PDF is the successor of PostScript. PostScript is a stack-based programming language where anything can happen, while PDF enforces some document structure and metadata structure on top of it, so you can e.g. at least determine where pagebreaks are, without having to interpret ("run the code of") the whole document.
Still, PDF is simpler than PostScript in the same sense that XML is a simplification of SGML. Jumping from PDF to a well-designed format would be like jumping from XML to JSON or S-Expr.
It's because PDFs have no concept of lines or paragraphs. It's just characters at an x,y co-ord which happen to line up. So figuring out whats a line or a column is a pain in the ass.
That's most likely why copying and pasting sucks too.
I had to use Tabula to extract a decade of SAT scores from PDFs for each state/year. It was a nightmare, but I managed it. More recently, I was hoping to do something similar with decennial census data, but it was just too much. Far, far too many groups publish data to PDF, which is about as bad as if they just deleted it straight-out. It's very upsetting.
PDF is fucked up beyond all doubt. But there seems to be no better (even if unpopular) alternative.
How do you imagine a better format PDF alternative? On the one hand, we have text-based formats. They are not serialization of the exact rendering. On the other hand, we have ps, which is, probably, too complex to be manipulated as text when rendered. PDF and dejavu do kinda both, even if quite imperfectly.
So how do we construct a file format, which can render a symbol (not necessarily a unicode one) anywhere, pixel-perfect, but still has concept of words, paragraphs, preferably tables and such?
epub is the way to go I think. PDF is an overengineered abomination. It nicely serves the purpose of "there is only one and exactly one way to render this", but then again, just about so does an image.
I also think that, with more love, epub could get there too. It's not an easy problem, but if we can crack SHA-1 I'm sure we can crack this one too :)
It's not as versatile (no forms, for example), but layout- and prepress-wise it seems to be as good as PDF (with the benefit that it retains the structure).
Tabula is a great tool. In my experience it's the most reliable open source software for extracting tables from PDFs. We are using their underlying Tabula-Java library for some parts of https://docparser.com and are happily sponsoring their project.
I didn't know about Tabula and i've given a try at the instant. Apparently it only extracts tables and ignores everything around. This might be good in some cases but it is a problem if you want to extract a form, a whole textbook, your bank statements or anything. Also, I noticed that Tabula has some slight troubles when columns are not drawn in the table. But overall it is a good tool for extracting only tables, that's true.
Tabula is the nice free tool but requires technical background to run it. There is a free https://pdf.co with both online and offline tools (Windows) for PDF to CSV. (disclaimer: i work on it)
Hi there. We try to make a tool that's as simple to use as possible (given the constraints of a volunteer-run project such as Tabula). What technical background do you think is required to use it? (disclaimer: I'm the main author of Tabula)

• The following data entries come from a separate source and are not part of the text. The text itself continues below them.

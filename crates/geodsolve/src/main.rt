// The inverse problem on WGS84, line by line from standard input, printed as GeographicLib's
// GeodSolve -i prints it.
#![tactic(auto)]

mod answers;
mod lines;
mod options;

use answers::{Solved, tell};
use anyhow::Context;
use functions::SeriesSet;
use geodesic::{Bearings, Geodesic};
use geomath::ang_normalize;
use lines::read;
use options::{Flag, Options};
use std::{env, fmt, io};

// The options that the command line switches.
fn read_options(rt: &HostRuntime) -> anyhow::Result<Options> {
    let mut options = Options::default();
    let mut words = env::args(rt)?;
    words.next();
    while let Some(word) = words.next() {
        options = match word.as_str().parse()? {
            Flag::Full => options.full(),
            Flag::Precision => {
                let digits = words
                    .next()
                    .context("-p wants a number of digits after it")?;
                options.precise(digits.as_str().parse()?)
            }
        };
    }
    Ok(options)
}

// A geodesic as it is printed.
#[derive(Clone, Copy, PartialEq, Debug)]
struct Told {
    solved: Solved,
    options: Options,
}

impl Told {
    // Both bearings and the distance.
    fn short<W: fmt::Write>(&self, f: &mut fmt::Formatter<W>) -> fmt::Result {
        let r = self.solved.figures;
        let Bearings { azi1, azi2 } = r.directions;
        let digits = self.options.digits;
        let fine = digits.saturating_add(5);
        write!(f, "{azi1:.fine$} {azi2:.fine$} {:.digits$}", r.s12)
    }

    // The points, their longitudes within half a turn, with the bearings there; then distance,
    // arc, reduced length, scales and area.
    fn full<W: fmt::Write>(&self, f: &mut fmt::Formatter<W>) -> fmt::Result {
        let Solved { ends, figures: r } = self.solved;
        let Bearings { azi1, azi2 } = r.directions;
        let digits = self.options.digits;
        let fine = digits.saturating_add(5);
        let finest = digits.saturating_add(7);
        let coarse = digits.saturating_sub(7);
        let lon1 = ang_normalize(ends.lon1);
        let lon2 = ang_normalize(ends.lon2);
        write!(f, "{:.fine$} {lon1:.fine$} {azi1:.fine$} ", ends.lat1)?;
        write!(f, "{:.fine$} {lon2:.fine$} {azi2:.fine$} ", ends.lat2)?;
        write!(f, "{:.digits$} {:.fine$} {:.digits$} ", r.s12, r.a12, r.m12)?;
        write!(
            f,
            "{:.finest$} {:.finest$} {:.coarse$}",
            r.M12, r.M21, r.S12
        )
    }
}

impl fmt::Display for Told {
    fn fmt<W: fmt::Write>(&self, f: &mut fmt::Formatter<W>) -> fmt::Result {
        if self.options.full {
            self.full(f)
        } else {
            self.short(f)
        }
    }
}

// Prints what is told of each line.
fn solve_lines(
    rt: &HostRuntime,
    geodesic: &Geodesic<SeriesSet>,
    options: Options,
    text: &str,
) -> anyhow::Result<()> {
    for (number, line) in (1_usize..).zip(text::lines(text)) {
        match tell(geodesic, read(line)) {
            Ok(None) => {}
            Ok(Some(solved)) => println!(rt; "{}", Told { solved, options })?,
            Err(fault) => println!(rt; "line {number}: {fault}")?,
        }
    }
    Ok(())
}

fn run(rt: &HostRuntime) -> anyhow::Result<()> {
    let options = read_options(rt)?;
    let geodesic = Geodesic::wgs84(SeriesSet)
        .ok()
        .context("the ellipsoid is refused")?;
    let text = io::read_to_string(rt.alloc(), rt.stdin())?;
    solve_lines(rt, &geodesic, options, text.as_str())
}

fn main(rt: HostRuntime) -> anyhow::Result<()> {
    run(&rt)
}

hi and thank you for your work on Tabula! Well, some months ago I've advised to try Tabula and the first thing was the Java download page opened without any explanation. She managed to install java runtime and to try again but when was trying to upload files it was displaying either internal server error in jruby message or just a plain json in the browser.
So, in my opinion and experience it may require some efforts to run it (at least for the first time). But to _use_ it, for sure, no such a technical background is required.
We have digital formats, and we decided to standardize document distribution on the one that makes it as hard to extract data as if it were on physical paper.